Material shown
BEGIN
// What the blocks and the parts of the trailer of a line share: what stands before a block and before a part, the bar after the blocks, and
// the sites. The builder keeps marks, site lists, sums and sites as numbers and shows them last.
// Each writer is of the kind of `writer::emit`: it stores nothing past the end and counts on. A writer of blocks or of parts of the trailer is told
// whether nothing of its kind stands before them, and writes what parts them. The texts are those of the reading rules.
ghost use Rattle.std.specs.Prelude.{◌<◌};
ghost use Rattle.writer.specs.emit.Text.{Written};
ghost use Rattle.reading_rules.specs.reading.Show.{show_label};
ghost use Rattle.line_parts.specs.shown.Chained.{block_lead, part_lead, blocks_end, parting, numbered};

use writer::{put, put_all, put_number};

// The byte before each part of a list but the first.
pub fn put_parting(out: &mut [u8], at: usize, more: bool, s: u8) -> usize
    ensures { Written out.old at (parting more s) out.new result }
{
    if more {
        return put(out, at, s);
    }
    at
}

// What stands before a block.
pub fn put_block_lead(out: &mut [u8], at: usize, first: bool) -> usize
    ensures { Written out.old at (block_lead first) out.new result }
{
    if first {
        return put_all(out, at, b" |");
    }
    put_all(out, at, b",")
}

// What stands before a part of the trailer.
pub fn put_part_lead(out: &mut [u8], at: usize, first: bool) -> usize
    ensures { Written out.old at (part_lead first) out.new result }
{
    if first {
        return put_all(out, at, b" ");
    }
    put_all(out, at, b";")
}

// The bar after the last block, where there is a block.
pub fn put_blocks_end(out: &mut [u8], at: usize, any: bool) -> usize
    ensures { Written out.old at (blocks_end any) out.new result }
{
    if any {
        return put_all(out, at, b"|");
    }
    at
}

// A number between a text and a byte.
pub fn put_numbered(out: &mut [u8], at: usize, before: &[u8], n: u32, after: u8) -> usize
    ensures { Written out.old at (numbered before.now n after) out.new result }
{
    let p = put_all(out, at, before);
    let q = put_number(out, p, n);
    put(out, q, after)
}

// The label of a site, `sn` and its digit.
pub fn put_label(out: &mut [u8], at: usize, sn: u32) -> usize
    requires { sn < 10 }
    ensures { Written out.old at (show_label sn) out.new result }
{
    put_all(out, at, &[b's', b'n', 48 + sn as u8])
}

// The most sites that a line has: one for each sn.
pub const MAX_SITES: usize = 4;

// A site: the sn of its chain, and its atom. Two numbers of one size: what pads a struct is copied with it.
#[derive(Clone, Copy)]
pub struct Site {
    pub sn: u32,
    pub atom: u32,
}
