// The site list of a floating atom: `m:7:3.4.5.6`. Writers of the kind of `shown`.
ghost use Rattle.std.specs.Prelude.{[], ◌∷◌, map};
ghost use Rattle.writer.specs.emit.Text.{Written, decimal};
ghost use Rattle.reading_rules.specs.reading.Parting.{joined};
ghost use Rattle.reading_rules.specs.reading.Molecule.{at as noted};
ghost use Rattle.reading_rules.specs.reading.Show.{show_sites};
ghost use Rattle.line_parts.specs.shown.Chained.{shown_blocks, listed};

use super::shown::{put_block_lead, put_numbered, put_parting};
use writer::put_number;

// A site of a list.
fn put_site(out: &mut [u8], at: usize, more: bool, site: u16) -> usize
    ensures { Written out.old at (listed more 46 (decimal site)) out.new result }
{
    let p = put_parting(out, at, more, b'.');
    put_number(out, p, site as u32)
}

fn put_site_list(out: &mut [u8], at: usize, sites: &[u16]) -> usize
    ensures { Written out.old at (joined 46 (map decimal sites.now)) out.new result }
{
    let mut p = at;
    for (place, site) in sites.iter().enumerate() {
        p = put_site(out, p, 0 < place, *site);
    }
    p
}

fn put_sites_text(out: &mut [u8], at: usize, atom: u32, sites: &[u16]) -> usize
    ensures { Written out.old at (show_sites (noted atom sites.now)) out.new result }
{
    let p = put_numbered(out, at, b"m:", atom, b':');
    put_site_list(out, p, sites)
}

// The site list of a floating atom.
pub fn put_sites(out: &mut [u8], at: usize, first: bool, atom: u32, sites: &[u16]) -> usize
    ensures { Written out.old at (shown_blocks first (show_sites (noted atom sites.now) ∷ [])) out.new result }
{
    let p = put_block_lead(out, at, first);
    put_sites_text(out, p, atom, sites)
}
END
Task statement
Only the lines from the beginning of the data above through the line containing "shows them last." should be repeated, exactly as they appear.

Problem solution
// What the blocks and the parts of the trailer of a line share: what stands before a block and before a part, the bar after the blocks, and
// the sites. The builder keeps marks, site lists, sums and sites as numbers and shows them last.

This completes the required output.